**Exercise directions**
Please return the lines of the data that contain "expect".

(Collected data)
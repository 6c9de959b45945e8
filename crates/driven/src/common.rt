use cart::Cart;
use executive::held::Executive;
use runs::run::run;
use std::process::Abort;
use std::test::Fail;
use text::hex;

pub const BEGIN: &[u8] = b"4D5401 F4010000 00000000 00000000 C800";

pub const CLOSE: &[u8] = b"4D5404";

// What a log holds before a run.
const UNUSED: u8 = 0xAA;

// An executive over a cart with a rail of length 1,000.
pub fn executive() -> Result<Executive<Cart>, Fail> {
    Ok(Executive::new(Cart::new(1000)?, 7))
}

// The log begins with these bytes and is unused behind them.
fn holds(rt: &impl Abort, log: &[u8], due: &[u8]) {
    assert!(rt; log.starts_with(due));
    assert!(rt; log.iter().skip(due.len()).all(|b| *b == UNUSED));
}

// A run of the tape into a log of so many bytes ends with the number, and has logged this; all in hexadecimal text.
pub fn runs_to(
    rt: &(impl Abort + AllocGlobal),
    e: &mut Executive<Cart>,
    tape: &[u8],
    size: usize,
    number: u8,
    due: &[u8],
) -> Result<(), Fail> {
    let tape = hex::bytes(rt.alloc(), tape)?;
    let due = hex::bytes(rt.alloc(), due)?;
    let mut log = vec![in rt.alloc(); UNUSED; size]?;
    let ended = run(e, tape.as_slice(), log.as_mut_slice());
    assert_eq!(rt; ended.number(), number);
    assert_eq!(rt; ended.written, due.len());
    holds(rt, log.as_slice(), due.as_slice());
    Ok(())
}
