use crate::common::{executive, runs_to};
use cart::Cart;
use executive::held::Executive;
use history::phase::Phase;
use std::test::Fail;

// Begin at place 500 at rest with charge 200, decide 6, begin once more, observe place 504 and speed 4 with charge 196, close.
const TAPE: &[u8] = b"4D5401 F4010000 00000000 00000000 C800
    4D5402 06
    4D5401 F4010000 00000000 00000000 C800
    4D5403 F8010000 04000000 00000000 C400
    4D5404";

const SWITCH: &[u8] = b"4D4C05 00000000 03 F4010000 00000000 00000000 C800";

const SWITCH_AND_REFUSAL: &[u8] = b"4D4C05 00000000 03 F4010000 00000000 00000000 C800
    4D4C06 02000000 06";

const WHOLE: &[u8] = b"4D4C05 00000000 03 F4010000 00000000 00000000 C800
    4D4C06 02000000 06
    4D4C07 01000000 01000000 01000000 01000000 00000000";

// The action that is being carried out. Bound by copy: a pattern that looks into it, as in `matches!`, gets no proof.
fn moving(e: &Executive<Cart>) -> Option<u8> {
    match e.phase() {
        Phase::Moving(_, action) => Some(action),
        _ => None,
    }
}

#[test]
fn whole_log(rt: HostRuntime) -> Result<(), Fail> {
    let mut e = executive()?;
    runs_to(&rt, &mut e, TAPE, 53, 0, WHOLE)?;
    let mut e = executive()?;
    runs_to(&rt, &mut e, TAPE, 60, 0, WHOLE)
}

// The switch needs 22 bytes, the refusal 8 and the closing 23. The call has been made where its record finds no room.
#[test]
fn log_too_short_at_every_byte(rt: HostRuntime) -> Result<(), Fail> {
    for size in 0..53usize {
        let mut e = executive()?;
        if size < 22 {
            runs_to(&rt, &mut e, TAPE, size, 16, b"")?;
            assert_eq!(rt; moving(&e), Some(6));
        } else if size < 30 {
            runs_to(&rt, &mut e, TAPE, size, 16, SWITCH)?;
            assert_eq!(rt; moving(&e), Some(6));
        } else {
            runs_to(&rt, &mut e, TAPE, size, 16, SWITCH_AND_REFUSAL)?;
            assert_eq!(rt; e.phase(), Phase::Closed);
        }
    }
    Ok(())
}
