impl Tables {
    // The types, and no casts.
    fn new(rt: &impl Abort, alloc: Global) -> Tables {
        Tables {
            types: types(rt, alloc),
            table: CoercionTable::new(alloc).expect(rt, "memory"),
            casts: CastRows::new(alloc),
        }
    }

    // A cast more, with its coercion.
    fn add(&mut self, rt: &impl Abort, alloc: Global, from: TypeId, to: TypeId, label: LabelId) {
        assert!(rt; from.0 < self.types.len() && to.0 < self.types.len());
        let made = coerce(alloc, &mut self.table, &self.types, from, to, label);
        let row = CastRow {
            from,
            to,
            label,
            coercion: made.expect(rt, "memory"),
        };
        self.casts.intern(row).expect(rt, "memory");
    }

    // The program over words of numbered procedures, over a scheme.
    pub(crate) fn low_of<S: Scheme>(
        &self,
        rt: &impl Abort,
        alloc: Global,
        flat: &FlatProgram,
        scheme: &S,
    ) -> LowProgram {
        low_of(
            rt,
            alloc,
            flat,
            &self.types,
            &self.table,
            &self.casts,
            scheme,
        )
    }
}

// The types and these casts.
pub(crate) fn with_casts(rt: &impl Abort, alloc: Global, casts: &[(TypeId, TypeId)]) -> Tables {
    let mut tables = Tables::new(rt, alloc);
    for (label, (from, to)) in casts.iter().enumerate() {
        assert!(rt; label < 100);
        tables.add(rt, alloc, *from, *to, LabelId(label as u32));
    }
    tables
}
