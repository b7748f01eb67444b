// The syntax trees of programs, with every derived form expanded.
#![tactic(auto)]

pub mod exprs;
pub mod names;
pub mod types;
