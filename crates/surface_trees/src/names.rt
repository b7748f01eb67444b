// Names as expressions bind and use them.

use grift_base::lists::Name;

/// A name.
#[derive(PartialEq, Eq, Hash)]
pub enum Ident {
    /// A name of the source, by its bytes.
    Source(Name),
    /// A name that no source can write, by its number.
    Fresh(u32),
}

// By hand, so that each place where a name goes is one call.
impl Drop for Ident {
    fn drop(self) {
        match self {
            Ident::Source(name) => drop(name),
            Ident::Fresh(_) => {}
        }
    }
}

**Output**
            table: CoercionTable::new(alloc).expect(rt, "memory"),
            coercion: made.expect(rt, "memory"),
        self.casts.intern(row).expect(rt, "memory");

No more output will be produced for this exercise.